President blames Libya's instability for Boko Haram menace
The president said Nigerians returning from Libya are at risk of being indoctrinated.
While speaking to the Nigerian community in Abidjan, Cote d'Ivoire on Tuesday, November 28, 2017, the president said that the violent removal of former Libyan leader, Muammar Gaddafi, in 2011 led to the return of many Nigerians who were recruited by Boko Haram due to the nature of the work in Libya.
The president said his administration, in its bid to properly secure the country, is doing its best to rehabilitate Nigerians who are coming back from Libya and making sure they're not indoctrinated.
The president spoke on the topic while he was responding to the outrage against the discovery of slave markets in the north African country where Africans, including Nigerians, are being "sold like goats for a few dollars."
The president said, "In the interview some of you saw, some of the Nigerians said they were being sold like goats for few dollars for years in Libya.
"Now after 43 years of Gaddafi where he recruited so many people from the Sahel including Nigeria and so on, all they learnt was how to shoot and kill.
"They didn't learn to become electricians, plumbers or any other trade. So, when the Libyans stood against their leader those who are not their people, they chased them out.
"A lot of them came back home with their workers, some of them participated in Boko Haram and become part of Boko Haram.

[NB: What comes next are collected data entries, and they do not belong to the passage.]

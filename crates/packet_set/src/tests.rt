use crate::{Found, OneKeyRing, SetError, find_key, unwrap, wrap};
use packet_model::BadCause;
use secret_key::{Fek, Kek};
use std::alloc::AllocError;
use std::test::Fail;

const OURS: [u8; 8] = [1, 2, 3, 4, 5, 6, 7, 8];

const THEIRS: [u8; 8] = [8, 7, 6, 5, 4, 3, 2, 1];

// The key of FIPS 197, C.1, and zeros.
fn kek() -> Kek {
    let mut octets = [0; 64];
    octets[..16].copy_from_slice(&[0, 1, 2, 3, 4, 5, 6, 7, 8, 9, 10, 11, 12, 13, 14, 15]);
    Kek::new(octets)
}

// A pair with the block of FIPS 197, C.1, wrapped, or with another block.
fn push_pair(
    octets: &mut Vec<u8>,
    cipher: u8,
    first: u8,
    signature: [u8; 8],
) -> Result<(), AllocError> {
    octets.extend_from_slice(&[
        0x8c, 0x1d, 0x04, cipher, 0x03, 0x01, 0x00, 0x11, 0x22, 0x33, 0x44, 0x55, 0x66, 0x77, 0x60,
    ])?;
    octets.extend_from_slice(&[
        first, 0xc4, 0xe0, 0xd8, 0x6a, 0x7b, 0x04, 0x30, 0xd8, 0xcd, 0xb7, 0x80, 0x70, 0xb4, 0xc5,
        0x5a,
    ])?;
    octets.extend_from_slice(&[
        0xed, 0x16, 0x62, 0x08, 0x5f, 0x43, 0x4f, 0x4e, 0x53, 0x4f, 0x4c, 0x45, 0x00, 0x00, 0x00,
        0x00,
    ])?;
    octets.extend_from_slice(&signature)
}

// The file key with its signature, or why there is none.
fn outcome(rt: &HostRuntime, octets: &[u8]) -> Result<([u8; 16], [u8; 8]), SetError> {
    let ring = OneKeyRing::new(kek(), OURS);
    let found = find_key(rt.alloc(), octets, &ring);
    ring.end();
    let Found { fek, signature } = found?;
    let key = *fek.octets();
    fek.spend();
    Ok((key, signature))
}

// The block of FIPS 197, C.1.
const KEY: [u8; 16] = [
    0x00, 0x11, 0x22, 0x33, 0x44, 0x55, 0x66, 0x77, 0x88, 0x99, 0xaa, 0xbb, 0xcc, 0xdd, 0xee, 0xff,
];

#[test]
fn finds_the_second_of_three(rt: HostRuntime) -> Result<(), Fail> {
    let mut octets = Vec::new(rt.alloc());
    push_pair(&mut octets, 7, 0x00, THEIRS)?;
    push_pair(&mut octets, 7, 0x69, OURS)?;
    push_pair(&mut octets, 7, 0x00, THEIRS)?;
    assert_eq!(rt; outcome(&rt, &octets), Ok((KEY, OURS)));
    assert_eq!(rt; octets.len(), 165);
    octets[110] = 0x01;
    assert_eq!(rt;
        outcome(&rt, &octets),
        Err(SetError::Bad(BadCause::Tag1(136)))
    );
    octets[110] = 0x8c;
    octets[55] = 0x01;
    assert_eq!(rt;
        outcome(&rt, &octets),
        Err(SetError::Bad(BadCause::Tag1(81)))
    );
    Ok(())
}

// FIPS 197, C.1.
#[test]
fn wraps_and_unwraps_a_key(rt: HostRuntime) {
    let wrapped = [
        0x69, 0xc4, 0xe0, 0xd8, 0x6a, 0x7b, 0x04, 0x30, 0xd8, 0xcd, 0xb7, 0x80, 0x70, 0xb4, 0xc5,
        0x5a,
    ];
    let kek = kek();
    let fek = Fek::new(KEY);
    assert_eq!(rt; wrap(&kek, &fek), wrapped);
    fek.spend();
    let fek = unwrap(&kek, &wrapped);
    assert_eq!(rt; *fek.octets(), KEY);
    fek.spend();
    kek.spend();
}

"So, I'm telling you that our major problem as we have identified is still the security of the country. We have done much better everybody is saying it.
"We are doing our best and the leadership at all levels are doing their best and the problem we are having with those who are being indoctrinated and are hurting our people, blowing up people in mosques, churches, marketplaces, motor parks, this is absolute madness.
"No religion advocates violence, all religion advocate justice from your home, town, household to whatever you become, Justice is the basic thing all religion demand it as you can't go wrong if you do it.
"Whenever Nigerians are identified especially in Libya and so on, we hope to evacuate them back home and then rehabilitate them because the indoctrination is what is happening with the Boko Haram where girls will strap themselves mostly from the ages of 15 downwards and go to the market blow themselves up and anybody around in motor parks, mosques, churches and so on."
On Tuesday evening, 242 deportees returned to Nigeria from Libya after a CNN investigation uncovered a dehumanising slave trade where Africans sell for as much as N145,000 ($400).
UN Secretary-General, Antonio Guterres, described the slave auction footage as "the most egregious abuses of human rights and may amount to crimes against humanity."
It has also been condemned by Libyan Deputy Prime Minister Ahmed Metig, Guinean President and African Union (AU) Chairman, Alpha Conde, Nigerien President Mahamadou Issoufou, and the Senegalese government.
Burkina Faso also recalled its ambassador to Libya with President Roch Marc Christian Kabore demanding information from the Libyan government about the fate of some 30 Burkinabe migrants detained in the camps.
President Buhari's Senior Special Assistant on Foreign Affairs and Diaspora, Abike Dabiri-Erewa condemned the slave auction in a press statement on Monday, November 20.
She described it as "totally unacceptable, despicable, and inhumane and should be condemned by anyone who is human and has blood running through their veins."
How the modern slave trade works in Libya
Libya has been a hotbed for illegal migrants for years now as it serves as the transit hub to the Mediterranean which connects to Europe. Every year, migrants embark on the perilous journey across the sea to escape the economic and/or political uncertainties in their countries of origin.
According to Missing Migrants, an organization that tracks deaths along migratory routes, at least 2,985 people have died trying to cross the Mediterranean from North Africa or the Middle East in 2017 alone.
However, this has not stopped people from trying to make the journey into Europe to seek greener pastures.
A government crackdown on trafficking has resulted in a drastic reduction in boat journeys which means many are trapped in Libya for a long time waiting for their turn to travel. The migrants are mostly held in connecting houses or detention centres that the smugglers control.
This creates a situation where smugglers are able to exploit the migrants, especially as soon as they run out of money to pay which means they're viewed as properties.
Since most smuggling rings are run by local organised gangs, militias and corrupt security officials in Libya, many victims are trapped in unfamiliar surroundings with captors who are not shy to resort to violent means.
Smugglers are known to blackmail migrants into doing free labour or outrightly selling them to other militias involved in human trafficking. Other times, they hold migrants for ransom and call their families to pay while issuing threats to kill them.
Female migrants are in more danger of being used as sex slaves especially if they don't have anything to pay their captors.